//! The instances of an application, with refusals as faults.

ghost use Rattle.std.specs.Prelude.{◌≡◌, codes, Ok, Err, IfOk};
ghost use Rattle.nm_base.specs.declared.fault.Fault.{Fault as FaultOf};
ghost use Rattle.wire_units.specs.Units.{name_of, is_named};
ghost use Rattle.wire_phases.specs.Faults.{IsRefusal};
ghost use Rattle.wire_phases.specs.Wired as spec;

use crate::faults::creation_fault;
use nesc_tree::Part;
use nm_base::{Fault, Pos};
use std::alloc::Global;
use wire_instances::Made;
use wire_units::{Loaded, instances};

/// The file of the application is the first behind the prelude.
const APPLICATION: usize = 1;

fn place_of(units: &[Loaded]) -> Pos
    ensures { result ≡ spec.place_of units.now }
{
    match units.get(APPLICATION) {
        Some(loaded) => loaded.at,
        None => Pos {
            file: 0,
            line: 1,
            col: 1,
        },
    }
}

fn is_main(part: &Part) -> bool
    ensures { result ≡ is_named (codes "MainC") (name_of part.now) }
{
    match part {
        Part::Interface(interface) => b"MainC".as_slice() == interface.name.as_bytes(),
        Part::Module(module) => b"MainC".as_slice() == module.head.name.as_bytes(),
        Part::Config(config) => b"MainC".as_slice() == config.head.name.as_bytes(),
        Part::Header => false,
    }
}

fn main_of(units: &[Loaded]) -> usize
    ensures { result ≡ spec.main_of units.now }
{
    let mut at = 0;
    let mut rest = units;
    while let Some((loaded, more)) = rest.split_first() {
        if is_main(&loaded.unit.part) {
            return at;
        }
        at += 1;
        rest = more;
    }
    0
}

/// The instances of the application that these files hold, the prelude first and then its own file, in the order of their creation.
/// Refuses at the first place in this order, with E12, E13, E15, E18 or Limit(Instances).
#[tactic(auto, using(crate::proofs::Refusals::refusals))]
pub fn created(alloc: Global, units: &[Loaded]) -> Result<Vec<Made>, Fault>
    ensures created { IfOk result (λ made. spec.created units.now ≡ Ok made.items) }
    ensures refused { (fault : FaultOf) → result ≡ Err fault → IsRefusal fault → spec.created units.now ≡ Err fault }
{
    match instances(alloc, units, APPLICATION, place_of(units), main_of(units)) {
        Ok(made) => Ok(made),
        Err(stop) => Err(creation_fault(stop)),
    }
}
----------------
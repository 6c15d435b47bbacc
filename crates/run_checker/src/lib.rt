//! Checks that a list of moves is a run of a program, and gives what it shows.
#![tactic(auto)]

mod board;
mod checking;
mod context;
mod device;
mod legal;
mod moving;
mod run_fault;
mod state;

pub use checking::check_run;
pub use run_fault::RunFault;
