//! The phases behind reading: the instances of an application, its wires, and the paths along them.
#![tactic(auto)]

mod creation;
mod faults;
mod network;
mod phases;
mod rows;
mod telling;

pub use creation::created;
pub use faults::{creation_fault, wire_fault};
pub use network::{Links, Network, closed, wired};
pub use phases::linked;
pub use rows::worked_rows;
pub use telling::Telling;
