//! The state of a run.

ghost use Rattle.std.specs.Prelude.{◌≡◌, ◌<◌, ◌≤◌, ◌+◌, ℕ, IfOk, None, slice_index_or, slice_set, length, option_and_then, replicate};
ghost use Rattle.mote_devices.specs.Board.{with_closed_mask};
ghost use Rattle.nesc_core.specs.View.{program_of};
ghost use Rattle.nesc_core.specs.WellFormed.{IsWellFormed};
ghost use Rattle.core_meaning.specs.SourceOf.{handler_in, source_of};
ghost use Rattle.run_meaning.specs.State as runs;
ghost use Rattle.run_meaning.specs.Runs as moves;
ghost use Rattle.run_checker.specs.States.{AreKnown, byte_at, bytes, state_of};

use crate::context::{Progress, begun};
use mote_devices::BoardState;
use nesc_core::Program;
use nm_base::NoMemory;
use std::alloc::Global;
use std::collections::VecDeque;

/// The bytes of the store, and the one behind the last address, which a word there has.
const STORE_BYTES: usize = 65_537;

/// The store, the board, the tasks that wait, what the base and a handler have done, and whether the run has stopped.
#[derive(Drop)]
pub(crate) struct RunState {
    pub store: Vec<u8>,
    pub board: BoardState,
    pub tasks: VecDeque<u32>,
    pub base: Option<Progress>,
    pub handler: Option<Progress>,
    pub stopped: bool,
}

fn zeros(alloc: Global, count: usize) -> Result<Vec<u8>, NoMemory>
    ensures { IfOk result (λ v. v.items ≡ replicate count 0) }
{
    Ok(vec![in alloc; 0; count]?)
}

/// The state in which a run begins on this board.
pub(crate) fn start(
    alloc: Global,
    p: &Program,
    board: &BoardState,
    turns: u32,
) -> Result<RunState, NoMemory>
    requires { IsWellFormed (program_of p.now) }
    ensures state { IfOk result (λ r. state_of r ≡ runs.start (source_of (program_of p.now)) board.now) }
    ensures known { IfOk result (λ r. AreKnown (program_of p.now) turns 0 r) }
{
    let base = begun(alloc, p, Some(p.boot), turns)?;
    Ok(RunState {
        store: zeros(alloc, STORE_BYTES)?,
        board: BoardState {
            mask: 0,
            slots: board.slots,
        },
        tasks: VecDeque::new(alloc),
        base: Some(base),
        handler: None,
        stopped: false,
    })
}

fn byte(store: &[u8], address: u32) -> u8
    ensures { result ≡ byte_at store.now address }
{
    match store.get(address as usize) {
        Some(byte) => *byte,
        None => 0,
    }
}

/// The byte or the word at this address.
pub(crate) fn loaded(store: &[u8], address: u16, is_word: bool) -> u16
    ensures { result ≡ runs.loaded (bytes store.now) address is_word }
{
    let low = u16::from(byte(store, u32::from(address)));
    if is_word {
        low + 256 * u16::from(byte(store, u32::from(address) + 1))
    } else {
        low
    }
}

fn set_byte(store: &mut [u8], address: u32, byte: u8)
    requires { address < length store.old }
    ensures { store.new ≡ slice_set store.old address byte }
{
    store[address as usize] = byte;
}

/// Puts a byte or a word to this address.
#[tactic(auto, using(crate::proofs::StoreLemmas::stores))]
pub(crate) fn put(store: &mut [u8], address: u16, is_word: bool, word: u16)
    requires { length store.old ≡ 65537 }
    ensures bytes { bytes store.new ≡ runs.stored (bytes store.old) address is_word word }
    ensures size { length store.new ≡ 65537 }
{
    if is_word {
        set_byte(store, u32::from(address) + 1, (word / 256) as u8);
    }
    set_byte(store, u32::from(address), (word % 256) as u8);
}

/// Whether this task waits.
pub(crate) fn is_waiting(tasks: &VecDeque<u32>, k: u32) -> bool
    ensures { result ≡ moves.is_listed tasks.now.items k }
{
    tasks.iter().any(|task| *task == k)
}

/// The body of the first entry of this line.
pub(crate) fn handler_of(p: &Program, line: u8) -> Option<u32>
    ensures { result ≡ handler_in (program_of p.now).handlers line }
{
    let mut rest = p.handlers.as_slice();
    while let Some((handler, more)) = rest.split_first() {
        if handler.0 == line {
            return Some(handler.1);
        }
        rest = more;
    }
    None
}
----------------
• _WHAT YOU HAVE TO DO_: Your task is to transcribe, with no changes, only the lines of the listing above that lie between the line holding "on this board." and the line holding "fn byte(store: &[u8], address: u32) -> u8", inclusive.

• _SOLUTION FOR THIS TASK_:
/// The state in which a run begins on this board.
pub(crate) fn start(
    alloc: Global,
    p: &Program,
    board: &BoardState,
    turns: u32,
) -> Result<RunState, NoMemory>
    requires { IsWellFormed (program_of p.now) }
    ensures state { IfOk result (λ r. state_of r ≡ runs.start (source_of (program_of p.now)) board.now) }
    ensures known { IfOk result (λ r. AreKnown (program_of p.now) turns 0 r) }
{
    let base = begun(alloc, p, Some(p.boot), turns)?;
    Ok(RunState {
        store: zeros(alloc, STORE_BYTES)?,
        board: BoardState {
            mask: 0,
            slots: board.slots,
        },
        tasks: VecDeque::new(alloc),
        base: Some(base),
        handler: None,
        stopped: false,
    })
}

fn byte(store: &[u8], address: u32) -> u8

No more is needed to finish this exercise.